Pharmacy Technician Training
What are the prerequisites for pharmacy tech training programs?
With a high school diploma or equivalent GED, students can enter a pharmacy tech training program. There are no academic prerequisites beyond graduating high school, but the course work in pharmacy tech programs will tend to come easier to those who are confident in math and who did well in their study of the sciences.
What’s the significance of on-the-job training?
We spoke with a pharmacy technician who explained that what is learned on the job at the pharmacy is the overwhelming bulk of what is used in the course of performing the work day to day. Classroom and clinical training that is provided through pharmacy tech programs lays the groundwork for relevant training, the vast majority of which is actually gained on the job. This is largely because training provided through online programs or vocational schools is general enough to apply to any type of pharmacy work, whether it is retail, or in-facility. For example, formal training would include learning IV calculations which are only relevant to in-facility pharmacy techs. Retail techs will never work with IVs and will therefore never make use of the coursework specific to calculating IV potency. On the other hand, formal training will spend little time addressing customer service skills which are absolutely vital to retail pharmacy work. Pharmacy techs should stay open to acquiring new skills and information even after they complete their formal training with an understanding that many of the most important skills will be developed on the job.

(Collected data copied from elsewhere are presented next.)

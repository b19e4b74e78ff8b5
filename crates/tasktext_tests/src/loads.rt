// Loads: lines handed one by one, refused and mended; faults by layer.
use crate::written::*;
use hexline::line::Reader;
use std::test::Fail;
use tasktext::load::Load;
use textfault::fault::{FrameFault, LineFault, LoadFault};

// Hands one line to the load, and keeps the load whatever comes of it.
fn hand(load: &mut Load, text: &[u8]) -> Option<LoadFault> {
    let mut reader = Reader::new(text);
    load.take_line(&mut reader).err()
}

#[test]
fn a_refused_line_leaves_the_load(rt: HostRuntime) -> Result<(), Fail> {
    let mut load = Load::begin(rt.alloc())?;
    let first = hand(&mut load, b"01030003x\n");
    let taken = hand(&mut load, b"01030002\n");
    let again = hand(&mut load, b"01030002\n");
    let short = hand(&mut load, b"0201010100\n");
    let wrong = hand(&mut load, b"02010101000109\n");
    let mended = hand(&mut load, b"02010101000100\n");
    let count = load.abandon();
    assert_eq!(rt; first.map(Told::from), Some(Told::of(1, 1, 9)));
    assert!(rt; taken.is_none());
    assert_eq!(rt; again.map(Told::from), Some(Told::of(3, 2, 0)));
    assert_eq!(rt; short.map(Told::from), Some(Told::of(4, 2, 5)));
    assert_eq!(rt; wrong.map(Told::from), Some(Told::of(5, 2, 6)));
    assert!(rt; mended.is_none());
    assert_eq!(rt; count, 2);
    Ok(())
}

#[test]
fn closing_early_leaves_the_load_open(rt: HostRuntime) -> Result<(), Fail> {
    let mut load = Load::begin(rt.alloc())?;
    let head = hand(&mut load, b"01010000\n");
    match load.close() {
        Ok(_) => Err(Fail::new("a load was closed without its end frame")),
        Err((mut open, fault)) => {
            let goal = hand(&mut open, b"0300\n");
            let start = hand(&mut open, b"0400\n");
            let end = hand(&mut open, b"05\n");
            let count = open.accepted();
            match open.close() {
                Ok(task) => {
                    assert!(rt;
                        head.is_none() && goal.is_none() && start.is_none() && end.is_none()
                    );
                    assert!(rt; matches!(fault, LoadFault::Early(_)));
                    assert_eq!(rt; Told::from(fault), Told::of(7, 2, 1));
                    assert_eq!(rt; count, 4);
                    assert_eq!(rt; task.facts(), 1);
                    Ok(())
                }
                Err((left, _)) => {
                    left.abandon();
                    Err(Fail::new("a load with its end frame was not closed"))
                }
            }
        }
    }
}

// The fault names the layer that found it.
#[test]
fn faults_keep_their_layer(rt: HostRuntime) -> Result<(), Fail> {
    let mut load = Load::begin(rt.alloc())?;
    let digit = hand(&mut load, b"0\n");
    let early = hand(&mut load, b"");
    let not_due = hand(&mut load, b"05\n");
    let length = hand(&mut load, b"01\n");
    let bounds = hand(&mut load, b"01000000\n");
    let head = hand(&mut load, b"01020000\n");
    let rising = hand(&mut load, b"03020100\n");
    load.abandon();
    assert!(rt;
        matches!(
            digit,
            Some(LoadFault::Frame(FrameFault::Line(LineFault::Digit(_))))
        )
    );
    assert!(rt;
        matches!(
            early,
            Some(LoadFault::Frame(FrameFault::Line(LineFault::Early(_))))
        )
    );
    assert!(rt; matches!(not_due, Some(LoadFault::Frame(FrameFault::NotDue(_)))));
    assert!(rt; matches!(length, Some(LoadFault::Frame(FrameFault::Length(_)))));
    assert!(rt; matches!(bounds, Some(LoadFault::Frame(FrameFault::Bounds(_)))));
    assert!(rt; head.is_none());
    assert!(rt; matches!(rising, Some(LoadFault::Frame(FrameFault::Rising(_)))));
    Ok(())
}

// A reader goes on from line to line, and stays at a refused one.
#[test]
fn a_reader_stays_at_a_refused_line(rt: HostRuntime) -> Result<(), Fail> {
    let mut load = Load::begin(rt.alloc())?;
    let mut reader = Reader::new(b"01010000\n0400\n");
    let first = load.take_line(&mut reader);
    let second = load.take_line(&mut reader);
    let mended = hand(&mut load, b"0300\n");
    let third = load.take_line(&mut reader);
    let ended = reader.at_end();
    load.abandon();
    assert!(rt; first.is_ok());
    assert!(rt; second.is_err());
    assert!(rt; mended.is_none());
    assert!(rt; third.is_ok());
    assert!(rt; ended);
    Ok(())
}
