// Numbers out of bounds, 5, and lists that do not rise, 6.
use crate::written::*;
use std::test::Fail;

#[test]
fn the_head_has_facts_and_not_too_many_actions(rt: HostRuntime) -> Result<(), Fail> {
    let heap = rt.alloc();
    for damage in [
        at(1, b"01000002\n", 5, 1),
        at(1, b"01030201\n", 5, 2),
        at(1, b"0103ff00\n", 5, 2),
        at(1, b"0103ffff\n", 5, 2),
        at(1, b"0100ffff\n", 5, 1),
    ] {
        damage.instead(&rt, heap)?;
    }
    Ok(())
}

#[test]
fn a_fact_beyond_the_task_in_an_action(rt: HostRuntime) -> Result<(), Fail> {
    let heap = rt.alloc();
    for k in 2..4u16 {
        for damage in [
            at(k, b"02010101030100\n", 5, 4),
            at(k, b"02010101000300\n", 5, 5),
            at(k, b"02010101000103\n", 5, 6),
            at(k, b"02010101ff0103\n", 5, 4),
            at(k, b"020200000103\n", 5, 5),
        ] {
            damage.instead(&rt, heap)?;
        }
    }
    Ok(())
}

#[test]
fn a_fact_beyond_the_task_in_goal_and_start(rt: HostRuntime) -> Result<(), Fail> {
    let heap = rt.alloc();
    for damage in [
        at(4, b"030103\n", 5, 2),
        at(4, b"03020103\n", 5, 3),
        at(4, b"030300ff01\n", 5, 3),
        at(5, b"040103\n", 5, 2),
        at(5, b"0403000104\n", 5, 4),
    ] {
        damage.instead(&rt, heap)?;
    }
    Ok(())
}

#[test]
fn an_action_s_list_rises(rt: HostRuntime) -> Result<(), Fail> {
    let heap = rt.alloc();
    for k in 2..4u16 {
        for damage in [
            at(k, b"020200000101\n", 6, 5),
            at(k, b"020200000201\n", 6, 5),
            at(k, b"0203000000010 1\n", 1, 14),
            at(k, b"02030000000101\n", 6, 6),
            at(k, b"020002000100\n", 6, 5),
            at(k, b"020000020202\n", 6, 5),
            at(k, b"02010202000102 0\n", 1, 15),
            at(k, b"020102020001020100\n", 6, 8),
        ] {
            damage.instead(&rt, heap)?;
        }
    }
    Ok(())
}

#[test]
fn goal_and_start_rise(rt: HostRuntime) -> Result<(), Fail> {
    let heap = rt.alloc();
    for damage in [
        at(4, b"03020101\n", 6, 3),
        at(4, b"03020201\n", 6, 3),
        at(4, b"0303000101\n", 6, 4),
        at(5, b"04020100\n", 6, 3),
        at(5, b"0403000200\n", 6, 4),
    ] {
        damage.instead(&rt, heap)?;
    }
    Ok(())
}

// Every number is looked at before any order, and the first of several bytes is given.
#[test]
fn bounds_before_order(rt: HostRuntime) -> Result<(), Fail> {
    let heap = rt.alloc();
    for damage in [
        at(4, b"0303010003\n", 5, 4),
        at(5, b"0403010103\n", 5, 4),
        at(2, b"02020100010103\n", 5, 6),
        at(4, b"0303020100\n", 6, 3),
        at(4, b"0303030405\n", 5, 2),
    ] {
        damage.instead(&rt, heap)?;
    }
    Ok(())
}
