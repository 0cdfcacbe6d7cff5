//! What follows of a record that fits its script: laws with no code, each a clause of its function.
#![tactic(auto)]

ghost use Rattle.std.specs.Prelude.{ℕ, ◌≡◌, ◌≤◌, ◌<◌, List, length};
ghost use Rattle.std.specs.List.{AllByRecursion};
ghost use Rattle.script_text.specs.Scripts.{IsInRange};
ghost use Rattle.script_text.specs.declared.script.Script.{Script};
ghost use Rattle.record_text.specs.Numbers.{HasMachineNumbers, HasNoSlack, HasReplies};
ghost use Rattle.record_text.specs.Text.{text_of};
ghost use Rattle.record_text.specs.declared.version.Version.TheVariants as versions;
ghost use Rattle.record_text.specs.declared.record.Answer.TheVariants as answers;
ghost use Rattle.record_text.specs.declared.record.Label.{Label};
ghost use Rattle.record_text.specs.declared.record.RunRecord.{RunRecord};
ghost use Rattle.run_history.specs.Fits.{Fits, FitsIn};
ghost use Rattle.run_history.specs.Objects.{object_labels};
ghost use Rattle.run_history.specs.Order.{IsInOrder, IsLabel};
ghost use Rattle.run_history.specs.Signals.{most_signals};
ghost use Rattle.run_history.specs.Truths.{HadEntries};
ghost use Rattle.run_history.specs.Witnesses.{Witness};
ghost use Rattle.fit_laws.specs.EachTimer.{HasTimers};
ghost use Rattle.fit_laws.specs.ObjectTurns.{TurnBeginsAt, TurnEndsAt};
ghost use Rattle.signal_queue.specs.declared.signal.Signal.{Signal};
ghost use Rattle.fit_laws.specs.Readings.{HadSeen, HasEntryAt, HasWriteAt, TakesReading};
ghost use Rattle.fit_laws.specs.Signals.{AreDistinct, FoundFull, WasAnswered, NamedBefore, NamedNoLater, Names, Sent, SentBefore, SentNoLater};

/// A record that fits is right of each timer by itself: its list is a history of such a timer, and what calls did and were told was so by that list.
pub fn a_record_that_fits_is_right_of_each_timer()
    ensures { (s : Script) (r : RunRecord) → Fits s r → HasTimers s r }
{}

/// In a record that fits each entry of an object bears the label of a call. Along an object's list rounds follow one another, and a lane's calls keep their
/// order.
pub fn entries_of_an_object_keep_the_order_of_calls()
    ensures calls { (s : Script) (r : RunRecord) → Fits s r → (i : ℕ) → AllByRecursion (IsLabel s) (object_labels r i) }
    ensures order { (s : Script) (r : RunRecord) → Fits s r → (i : ℕ) → IsInOrder s (object_labels r i) }
{}

/// In the order by which a record fits, each turn of an object that began before a moment at which the object had so many entries ends before that moment,
/// by its call's entry. So what a call tells of an object holds while no other call has its turn of it.
pub fn no_call_has_its_turn_of_an_object_that_is_told_of()
    ensures { (w : Witness) → FitsIn w → (i entries n : ℕ) → i < length w.script.timers → HadEntries w i entries n → (c : Label) (stamp begun : ℕ)
        → TurnBeginsAt w i c stamp begun → begun < n → (ended : ℕ) × (begun < ended) × (ended < n) × TurnEndsAt w i c stamp ended }
{}

/// A record that fits a script of version 1 has no slack: a soft expiry is the expiry. The text of such a record shows neither.
pub fn a_record_of_version_one_has_no_slack()
    ensures { (s : Script) (r : RunRecord) → IsInRange s → s.version ≡ versions.One → Fits s r → HasNoSlack r }
{}

/// Each entry of a record that fits has a reply that its event has.
pub fn each_entry_of_a_record_that_fits_has_a_reply_of_its_event()
    ensures { (s : Script) (r : RunRecord) → Fits s r → HasReplies r }
{}

/// Of the records that fit a script, and whose numbers a program can hold, no two have one text.
pub fn the_text_of_a_record_that_fits_determines_it()
    ensures { (s : Script) (a b : RunRecord) → IsInRange s → Fits s a → Fits s b → HasMachineNumbers a → HasMachineNumbers b → text_of a ≡ text_of b → a ≡ b }
{}

/// In the order by which a record fits, each call that reads the clock has in its reading each write that stands before an entry that its lane had seen. So a
/// lane that was told of an entry never reads less than what was written before it.
pub fn a_reading_has_each_write_before_an_entry_that_was_seen()
    ensures { (w : Witness) → FitsIn w → (c : Label) → TakesReading w.script c → (entry write number : ℕ) → HadSeen w c entry → HasWriteAt w write number
        → write ≤ entry → number ≤ (w.traces c).at }
{}

/// In that order a call's reading has no write that stands behind an entry that the call made, nor one that it made itself. So no call goes by a write that
/// was made after its entry.
pub fn a_reading_has_no_write_behind_an_entry_of_its_call()
    ensures { (w : Witness) → FitsIn w → (c : Label) → TakesReading w.script c → (entry write number : ℕ) → HasEntryAt w c entry → HasWriteAt w write number
        → entry ≤ write → (w.traces c).at < number }
{}

/// In a record that fits each answer that names a signal names one that a queued timer's counted expiry sent, by a call that didn't begin only after the one
/// that is answered was over. No two answers name the same signal.
pub fn a_signal_that_is_named_was_sent()
    ensures sent { (s : Script) (r : RunRecord) → Fits s r → (c : Label) (x : Signal) → Names r c x → SentNoLater s r c x }
    ensures once { (s : Script) (r : RunRecord) → Fits s r → (c d : Label) (x : Signal) → Names r c x → Names r d x → c ≡ d }
{}

/// In a record that fits signals are named as they were sent. Where the call that sent one signal was over before the call that sent another one, and the
/// other is named, then the one is named too, by a call that didn't begin only after the call that names the other was over.
pub fn a_signal_that_was_sent_before_a_named_one_is_named()
    ensures { (s : Script) (r : RunRecord) → Fits s r → (c d : Label) (x y : Signal) → Names r c y → Sent s r d y → SentBefore s r d x
        → NamedNoLater s r c x }
{}

/// In a record that fits a call that found no signal left none that was sent before: each signal that was sent by a call that was over before is named, by a
/// call that didn't begin only after this one was over.
pub fn a_queue_that_was_found_empty_had_no_signal_that_was_sent_before()
    ensures { (s : Script) (r : RunRecord) → Fits s r → (c : Label) → WasAnswered r c answers.NoneQueued → (x : Signal) → SentBefore s r c x
        → NamedNoLater s r c x }
{}

/// In a record that fits an expiry that counted found room for its signal. Take signals that were all sent by calls that were over before it. If each of them is
/// left, or named only by calls that began after the expiry's call was over, there are fewer of them than may wait.
pub fn a_signal_that_was_sent_found_room()
    ensures { (s : Script) (r : RunRecord) → Fits s r → (c : Label) (y : Signal) → Sent s r c y → (xs : List Signal) → AreDistinct xs
        → AllByRecursion (λ x. SentBefore s r c x × (NamedNoLater s r c x → ⊥)) xs → length xs < most_signals }
{}

/// In a record that fits an expiry whose signal found no room did so beside as many others as may wait: each was sent by a call that didn't begin only after
/// this one was over, and none of them was named before.
pub fn a_queue_that_was_found_full_had_as_many_signals_as_may_wait()
    ensures { (s : Script) (r : RunRecord) → Fits s r → (c : Label) → FoundFull r c → (xs : List Signal) × (length xs ≡ most_signals) × AreDistinct xs
        × AllByRecursion (λ x. SentNoLater s r c x × (NamedBefore s r c x → ⊥)) xs }
{}
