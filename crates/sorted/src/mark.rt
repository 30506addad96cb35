// What is looked for among the items, and where an item stands against it.
ghost use Rattle.std.specs.Prelude.{◌≡◌};
ghost use Rattle.std.specs.Ordering.{is_lt};
ghost use Rattle.items.specs.Ascending.{met};
ghost use Rattle.sorted.specs.Place.{above_place, place_of};

use items::Item;
use std::cmp::Ordering;
use values::Value;

// One item; or the items of a name, of a first value if one is given, above an item if one is given.
#[derive(Clone, Copy)]
pub enum Mark<V> {
    At(Item<V>),
    Among(u8, Option<V>, Option<Item<V>>),
}

// An item that is not above the one given stands before.
fn above_place<V: Value>(above: Option<Item<V>>, item: &Item<V>) -> Ordering
    ensures { result ≡ above_place V.Ord.cmp above item.now }
{
    match above {
        Some(x) if x >= *item => Ordering::Less,
        _ => Ordering::Equal,
    }
}

impl<V: Value> Mark<V> {
    // Where an item stands: before what is looked for, at it, or past it.
    pub fn place(&self, item: &Item<V>) -> Ordering
        ensures { result ≡ place_of V.Ord.cmp self.now item.now }
    {
        match *self {
            Mark::At(x) => item.compare(&x),
            Mark::Among(name, first, above) => match item.name.cmp(&name) {
                Ordering::Equal => match first.map_or(Ordering::Equal, |f| item.first.cmp(&f)) {
                    Ordering::Equal => above_place(above, item),
                    place => place,
                },
                place => place,
            },
        }
    }

    // Whether an item stands before what is looked for.
    pub fn passes(&self, item: &Item<V>) -> bool
        ensures { result ≡ is_lt (place_of V.Ord.cmp self.now item.now) }
    {
        self.place(item).is_lt()
    }

    // The item, if there is one and it meets the mark.
    pub fn met(&self, item: Option<Item<V>>) -> Option<Item<V>>
        ensures { result ≡ met (place_of V.Ord.cmp self.now) item }
    {
        item.filter(|y| self.place(y).is_eq())
    }
}
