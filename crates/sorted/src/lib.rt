// The sorted shelf: items in ascending order, found by halving.

#![tactic(auto)]

mod mark;
mod shelf;

pub use shelf::SortedShelf;
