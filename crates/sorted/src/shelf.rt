// The items stand at the front of the cells given, in ascending order.
ghost use Rattle.std.specs.Prelude.{◌≡◌, ◌≤◌, true, vec_items, vec_len, vec_capacity};
ghost use Rattle.items.specs.Ascending.{ascends};
ghost use Rattle.items.specs.Items.{ByteNames, item_order};
ghost use Rattle.std.proofs.Props.{props};

use items::Item;
use values::Value;

#[derive(Drop)]
pub struct SortedShelf<V: Value> {
    cells: Vec<Item<V>>,
    limit: usize,
    ghost within: { vec_len cells ≤ limit },
    ghost room: { limit ≤ vec_capacity cells },
    ghost bounded: { limit ≤ 65536 },
    // the items ascend, each once
    ghost ascending: { ascends (item_order V.Ord.cmp) (vec_items cells) ≡ true },
    // a state name is a byte
    ghost names: { ByteNames (vec_items cells) } by { Prim.hlevel props },
}

pub mod calls;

What can be expected from pharmacy tech training programs?
Most pharmacy tech training programs can be completed in a year or less while going to school part-time. Vocational schools, community colleges, and online schools offer programs that will prepare graduates for entry-level positions as pharmacy technicians to begin their careers in either retail, hospital, online, or mail order pharmacies. All programs would consist of classroom and clinical components. Some schools that have partnered with working pharmacies provide externships as part of the program for real-world on-the-job experience. The cost of pharmacy tech programs differ based on region and the type of school, but most are very affordable. The cost of a program through a community college or vocational school is between $1,500 and $3,000 including books, materials, and liability insurance fees. Online programs are similar in cost, but usually represent the higher end this spectrum.
Learn more about pharmacy technician schools.
What does the classroom component consist of?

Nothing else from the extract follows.